● **THE INPUT**:
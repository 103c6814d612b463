//! Sequences of items (RFC 8742): writes something for each item, one after another.

ghost use Rattle.std.specs.Prelude.{◌≡◌, ◌≢◌, ◌++◌, ◌^◌, ◌<◌, ℕ, List, [], Option, None, MatchOption, IfOk, IfErr, true, false};
ghost use Rattle.cbor_head.specs.Limits.{Bounds};
ghost use Rattle.cbor_head.specs.Spelling.{Spelling};
ghost use Rattle.cbor_head.specs.declared.reason.Reason.TheVariants as reasons;
ghost use Rattle.cbor_reader.specs.Sequence.{EndsBefore};
ghost use Rattle.cborc_files.specs.Folder.{KeepsFiles};
ghost use Rattle.cborc_commands.specs.Fault.{refusal_fault};
ghost use Rattle.cborc_commands.specs.declared.fault.Fault.{Fault};
ghost use Rattle.cborc_commands.specs.inner.Items.{IsWritten, IsPutBack, AreWrittenOf, AreStoppedOf};

use crate::fault::Fault;
use crate::first_item::Scratch;
use crate::input_parts::Parts;
use crate::source::PART;
use cbor_head::{Limits, Reason, Refusal};
use cborc_files::Folder;
use cborc_words::Options;
use std::alloc::Global;
use std::io::Write;

/// Writes something for each item of a sequence.
pub trait ItemWriter {
    // Which items are accepted.
    ghost takes: { Self → Bounds → Spelling → Type 0 };

    // What is written for an item at this offset of the input.
    ghost text: { Self → ℕ → Spelling → List ℕ };

    // Why no item is accepted at the start of these bytes, which are at this offset of the input, with
    // the content of the output before and after.
    ghost stops: { Self → Bounds → ℕ → List ℕ → Fault → Option (List ℕ) → Option (List ℕ) → Type 0 };

    /// Writes what belongs to the item at the start of these bytes, which are at this offset of the
    /// input, and returns its size. It may use the memory of `scratch`. If the input may continue
    /// and the bytes end within the item, it returns `None` and writes nothing. So a fault does not
    /// depend on how the input continues.
    fn write_item<'f, W: Write>(
        &self,
        alloc: Global,
        bytes: &[u8],
        goes_on: bool,
        start: usize,
        limits: Limits,
        scratch: &mut Scratch,
        out: &mut W,
    ) -> Result<Option<usize>, Fault<'f>>
        requires { start < 2 ^ 63 }
        ensures written { IfOk result (λ taken. MatchOption taken
            (IsPutBack goes_on (W.contents out.old) (W.contents out.new))
            (λ size. IsWritten (takes self.now limits) (text self.now start) bytes.now size
            (W.contents out.old) (W.contents out.new))) }
        ensures stopped { IfErr result (λ fault. (following : List ℕ) → (goes_on ≡ false → following ≡ [])
            → stops self.now limits start (bytes.now ++ following) fault
            (W.contents out.old) (W.contents out.new)) };
}

/// Writes what belongs to each item of the sequence in the input at this path, and returns the number
/// of items. The input is read as far as its items are accepted, and hex text to its end: a fault of
/// hex text is reported instead of any other. The fault of a refused item has its number and its
/// offset. What was written for the items before it stays.
pub fn write_items<'a, V: ItemWriter, F: Folder, W: Write>(
    alloc: Global,
    writer: &V,
    files: &mut F,
    source: &'a str,
    options: Options,
    out: &mut W,
) -> Result<usize, Fault<'a>>
    ensures written { IfOk result (AreWrittenOf (V.takes writer.now options.limits) (V.text writer.now)
        options source.now (F.held files.old) (W.contents out.old) (W.contents out.new)) }
    ensures stopped { IfErr result (AreStoppedOf (V.takes writer.now options.limits)
        (V.text writer.now) (V.stops writer.now options.limits) options source.now
        (F.held files.old) (W.contents out.old) (W.contents out.new)) }
    ensures keeps { KeepsFiles (F.held files.old) (F.held files.new) }
    ensures same { F.forwards_to files.new ≡ F.forwards_to files.old }
{
    let limits = options.limits;
    let mut parts = Parts::open(alloc, files, source, options.hex, PART)?;
    let mut scratch = Scratch::new(alloc);
    let mut count = 0;
    'items: loop {
        if parts.is_spent() {
            parts.read_on(alloc, files, source)?;
            continue;
        }
        if ends_before(parts.rest(), limits) {
            return Ok(count);
        }
        let start = parts.start();
        let goes_on = parts.goes_on();
        match writer.write_item(
            alloc,
            parts.rest(),
            goes_on,
            start,
            limits,
            &mut scratch,
            out,
        ) {
            Ok(Some(size)) => {
                parts.take(size);
                count += 1;
            }
            Ok(None) => parts.read_on(alloc, files, source)?,
            Err(fault) => {
                parts.finish(alloc, files, source)?;
                return Err(fault.at_item(count + 1, start));
            }
        }
    }
}

// Whether the bytes end before an item. With a limit of 0 bytes, each item is too long instead.
fn ends_before(bytes: &[u8], limits: Limits) -> bool
    ensures yes { result ≡ true → EndsBefore limits.bytes bytes.now }
    ensures no { result ≡ false → ¬ EndsBefore limits.bytes bytes.now }
{
    bytes.is_empty() && limits.bytes() > 0
}

/// The result for an item that is refused at the start of some bytes: `None` if they end within the item
/// and the input may continue.
pub fn unless_cut<'f>(refusal: Refusal, goes_on: bool) -> Result<Option<usize>, Fault<'f>>
    ensures cut { IfOk result (λ taken. (taken ≡ None) × (goes_on ≡ true)) }
    ensures fault { IfErr result (λ fault. (fault ≡ refusal_fault refusal)
        × (goes_on ≡ true → refusal.reason ≢ reasons.Truncated)) }
{
    if goes_on && refusal.reason == Reason::Truncated {
        Ok(None)
    } else {
        Err(Fault::from(refusal))
    }
}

● **TASK ITEM**: In the data above, how many lines contain the string "count"? Answer with the number only.

● **FINISHED TASK**: 4